## WHAT THIS TASK INVOLVES
A complete answer lists every line of the entries below where the string "IfSome" appears.

Dataset excerpts:

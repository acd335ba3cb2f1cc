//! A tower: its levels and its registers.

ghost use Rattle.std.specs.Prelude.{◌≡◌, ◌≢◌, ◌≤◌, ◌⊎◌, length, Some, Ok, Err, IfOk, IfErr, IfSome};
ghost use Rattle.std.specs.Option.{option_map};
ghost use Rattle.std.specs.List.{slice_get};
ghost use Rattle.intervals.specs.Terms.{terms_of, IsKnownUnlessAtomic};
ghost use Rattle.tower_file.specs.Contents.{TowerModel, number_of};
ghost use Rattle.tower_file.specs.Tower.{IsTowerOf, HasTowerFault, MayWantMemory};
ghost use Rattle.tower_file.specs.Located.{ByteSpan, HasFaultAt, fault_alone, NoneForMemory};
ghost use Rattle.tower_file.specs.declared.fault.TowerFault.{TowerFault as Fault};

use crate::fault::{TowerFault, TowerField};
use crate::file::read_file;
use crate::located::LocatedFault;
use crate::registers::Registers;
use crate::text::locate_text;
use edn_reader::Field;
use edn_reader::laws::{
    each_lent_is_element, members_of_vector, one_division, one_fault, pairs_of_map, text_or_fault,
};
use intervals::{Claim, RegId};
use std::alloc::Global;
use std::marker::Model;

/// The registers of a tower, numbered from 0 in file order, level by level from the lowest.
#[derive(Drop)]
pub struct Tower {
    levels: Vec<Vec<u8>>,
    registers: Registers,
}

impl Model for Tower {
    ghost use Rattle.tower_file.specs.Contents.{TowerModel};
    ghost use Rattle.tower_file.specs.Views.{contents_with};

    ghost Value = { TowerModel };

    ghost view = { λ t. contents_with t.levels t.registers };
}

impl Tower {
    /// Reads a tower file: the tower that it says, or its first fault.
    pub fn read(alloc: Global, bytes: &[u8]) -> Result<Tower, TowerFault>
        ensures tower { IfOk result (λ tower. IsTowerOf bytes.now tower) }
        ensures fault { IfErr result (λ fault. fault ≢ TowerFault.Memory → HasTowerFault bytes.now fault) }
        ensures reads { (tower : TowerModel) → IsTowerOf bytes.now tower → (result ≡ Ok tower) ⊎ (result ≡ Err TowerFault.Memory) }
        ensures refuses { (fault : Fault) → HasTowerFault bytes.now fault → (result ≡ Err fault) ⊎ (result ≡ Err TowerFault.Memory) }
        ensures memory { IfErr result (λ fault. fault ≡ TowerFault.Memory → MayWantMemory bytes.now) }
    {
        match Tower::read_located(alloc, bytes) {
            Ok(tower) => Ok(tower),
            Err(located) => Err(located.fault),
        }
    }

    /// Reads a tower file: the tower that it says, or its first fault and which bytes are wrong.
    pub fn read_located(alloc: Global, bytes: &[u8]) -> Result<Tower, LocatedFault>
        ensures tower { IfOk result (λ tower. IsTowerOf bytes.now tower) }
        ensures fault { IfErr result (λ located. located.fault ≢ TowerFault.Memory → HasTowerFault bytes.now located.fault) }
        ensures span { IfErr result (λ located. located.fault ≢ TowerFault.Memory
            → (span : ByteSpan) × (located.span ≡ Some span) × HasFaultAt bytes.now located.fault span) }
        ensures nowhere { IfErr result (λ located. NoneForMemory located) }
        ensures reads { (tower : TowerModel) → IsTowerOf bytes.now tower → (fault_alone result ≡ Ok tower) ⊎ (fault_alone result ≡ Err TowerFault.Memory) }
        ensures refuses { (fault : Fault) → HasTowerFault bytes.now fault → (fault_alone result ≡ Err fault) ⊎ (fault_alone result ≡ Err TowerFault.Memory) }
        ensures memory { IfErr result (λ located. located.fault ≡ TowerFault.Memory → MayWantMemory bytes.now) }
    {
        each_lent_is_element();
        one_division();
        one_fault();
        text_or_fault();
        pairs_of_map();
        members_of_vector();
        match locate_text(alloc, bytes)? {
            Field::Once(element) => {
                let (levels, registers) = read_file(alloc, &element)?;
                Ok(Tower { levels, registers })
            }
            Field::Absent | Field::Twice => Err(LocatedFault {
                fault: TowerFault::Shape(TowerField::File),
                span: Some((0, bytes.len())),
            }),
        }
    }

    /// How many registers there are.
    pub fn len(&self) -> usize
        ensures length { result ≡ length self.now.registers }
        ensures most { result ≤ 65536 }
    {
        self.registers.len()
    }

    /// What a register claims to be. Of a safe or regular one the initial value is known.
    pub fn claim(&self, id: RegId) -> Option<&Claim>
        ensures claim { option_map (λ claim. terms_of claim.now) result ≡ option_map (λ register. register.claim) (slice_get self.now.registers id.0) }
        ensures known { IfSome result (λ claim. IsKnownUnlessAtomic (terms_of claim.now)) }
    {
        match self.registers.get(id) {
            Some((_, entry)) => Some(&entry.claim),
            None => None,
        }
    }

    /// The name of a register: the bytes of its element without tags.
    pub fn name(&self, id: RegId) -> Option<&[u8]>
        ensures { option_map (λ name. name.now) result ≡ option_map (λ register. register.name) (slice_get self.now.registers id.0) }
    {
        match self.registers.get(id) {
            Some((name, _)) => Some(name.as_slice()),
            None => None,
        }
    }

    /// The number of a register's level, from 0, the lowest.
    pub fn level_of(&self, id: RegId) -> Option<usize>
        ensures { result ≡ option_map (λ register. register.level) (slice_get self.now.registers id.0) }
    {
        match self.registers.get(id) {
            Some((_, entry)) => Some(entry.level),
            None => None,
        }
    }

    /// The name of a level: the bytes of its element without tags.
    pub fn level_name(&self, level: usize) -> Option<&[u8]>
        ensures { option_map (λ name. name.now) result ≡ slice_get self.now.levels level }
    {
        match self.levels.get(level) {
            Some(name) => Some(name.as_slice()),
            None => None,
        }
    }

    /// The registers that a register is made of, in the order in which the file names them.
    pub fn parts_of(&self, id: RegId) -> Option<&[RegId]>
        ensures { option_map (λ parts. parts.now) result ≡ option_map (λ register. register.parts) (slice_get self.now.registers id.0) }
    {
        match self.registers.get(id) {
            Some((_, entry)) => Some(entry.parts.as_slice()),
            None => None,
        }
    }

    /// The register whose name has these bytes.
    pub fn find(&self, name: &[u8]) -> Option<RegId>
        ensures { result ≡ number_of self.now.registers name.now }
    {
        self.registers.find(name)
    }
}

## WRITTEN RESPONSE
ghost use Rattle.std.specs.Prelude.{◌≡◌, ◌≢◌, ◌≤◌, ◌⊎◌, length, Some, Ok, Err, IfOk, IfErr, IfSome};
        ensures known { IfSome result (λ claim. IsKnownUnlessAtomic (terms_of claim.now)) }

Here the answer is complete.